Further details and aspects of the embodiments are set forth in connection with the concepts presented or one or more examples described above or below. Embodiments may include one or more additional optional features corresponding to one or more aspects of the proposed concept or one or more examples described above or below.
At least some embodiments relate to the use of Artificial Intelligence (AI), for example in the form of a machine learning model, in a microscope, for example to interpret images acquired with a surgical microscope. For example, (all) available information may be collected and AI may be used to augment diagnostic information. In an embodiment, artificial intelligence is used in the surgical microscope to interpret the captured images.
Some microscope systems have limitations in the collection of images used for training and applying AI if used with AI. In particular, the microscope acquires different images in sequence, and thus collecting different data can be more difficult and cumbersome. More difficult may be the step of data annotation, i.e., the recruitment of expert surgeons to annotate healthy and pathological images, or the difficulty in manually segmenting healthy and diseased tissue areas.
The inventors propose a simpler, more efficient, and more accurate method of AI training and application in a surgical microscope. In at least some embodiments, the microscope is capable of capturing multiple images (e.g., multiple images) of the reflectance and fluorescence simultaneously and in real-time (e.g., substantially simultaneously). In other words, for each frame, the camera captures multiple images, in some examples, up to 3 reflectance and 3 fluorescence spectrum images. This number may increase in the future. The ability to simultaneously and instantaneously capture images allows images to be correlated on a pixel-by-pixel basis. These multiple images can be correlated pixel-by-pixel, providing a good platform for AI, i.e., for training machine learning models, since more data is available for neural network correlation. Thus, embodiments may be based on using multiple images captured at different spectral bands, reflectance and fluorescence, while using external fluorescent dyes, such as fluorescein, indocyanine green (ICG) and 5-ALA, or tissue autofluorescence (without fluorescent dyes), and attempting to train the system to detect different pathological and/or healthy tissues. One specific case where AI is relatively easy and unobvious to use is to train the system (i.e., a machine learning model) using 5-ALA-induced fluorescence images to detect brain tumors from non-fluorescence images. Specifically, 5-ALA has better sensitivity and specificity, enables brain tumor tissues to emit fluorescence, and is used for guidance in brain tumor resection. In other words, it is quite easy to segment the tumor region from the fluorescence image, and only the fluorescence intensity threshold needs to be set.

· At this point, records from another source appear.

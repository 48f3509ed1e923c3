//! The checks, by example.
use super::{ROOM, answer};
use std::test::Fail;
use wire::order::{Order, RawTuning};

const FIFTHS: Order<RawTuning> = Order::Sizes {
    tuning: RawTuning {
        octave: 1200,
        interval: 702,
        notes: 12,
    },
};

#[test]
fn a_refusal_is_written_to_the_front(rt: HostRuntime) -> Result<(), Fail> {
    let mut out = [7; ROOM];
    let too_wide = RawTuning {
        octave: 1200,
        interval: 1200,
        notes: 0,
    };
    let Err(refused) = answer(&FIFTHS.asked_of(too_wide).to_bytes(), &mut out) else {
        return Err(Fail::new("the interval is not below the octave"));
    };
    assert_eq!(rt; u32::from(refused.refusal), 2);
    assert_eq!(rt; refused.place, 1);
    assert!(rt; &out[0..10] == [0, 2, 0, 0, 0, 1, 0, 0, 0, 7].as_slice());
    Ok(())
}

#[test]
fn too_little_room_comes_last(rt: HostRuntime) -> Result<(), Fail> {
    let mut out = [7; 63];
    let Err(unread) = answer(b"", &mut out) else {
        return Err(Fail::new("no bytes are no order"));
    };
    assert_eq!(rt; u32::from(unread.refusal), 1);
    let Err(refused) = answer(&FIFTHS.to_bytes(), &mut out) else {
        return Err(Fail::new("63 bytes are too few"));
    };
    assert_eq!(rt; u32::from(refused.refusal), 3);
    assert_eq!(rt; out, [7; 63]);
    Ok(())
}

#[test]
fn an_order_in_range_is_handed_on(rt: HostRuntime) -> Result<(), Fail> {
    let mut out = [7; ROOM];
    let Ok(order) = answer(&FIFTHS.to_bytes(), &mut out) else {
        return Err(Fail::new("it is in range"));
    };
    assert_eq!(rt; order.tuning().octave, 1200);
    assert_eq!(rt; out, [7; ROOM]);
    Ok(())
}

This may be done fully automatically by a computer, automatically annotating captured images (e.g., to obtain information about pathological or healthy tissue) without human intervention, even though expert review may increase safety and confidence. The ability of the system to simultaneously capture white light reflectance images (color images) allows data to be collected in real time over the duration of such surgery. This may eliminate the time consuming and expensive process of capturing and annotating images. The goal of this AI/machine learning training is to attempt to guess whether a tumor is present in the brain by observing the tissue, rather than using 5-ALA, which is expensive and not always available for economic or regulatory reasons.
Further details and aspects of the embodiments are mentioned in connection with the proposed concept or one or more examples described above or below. Embodiments may include one or more additional optional features corresponding to one or more aspects of the proposed concept or one or more examples described above or below.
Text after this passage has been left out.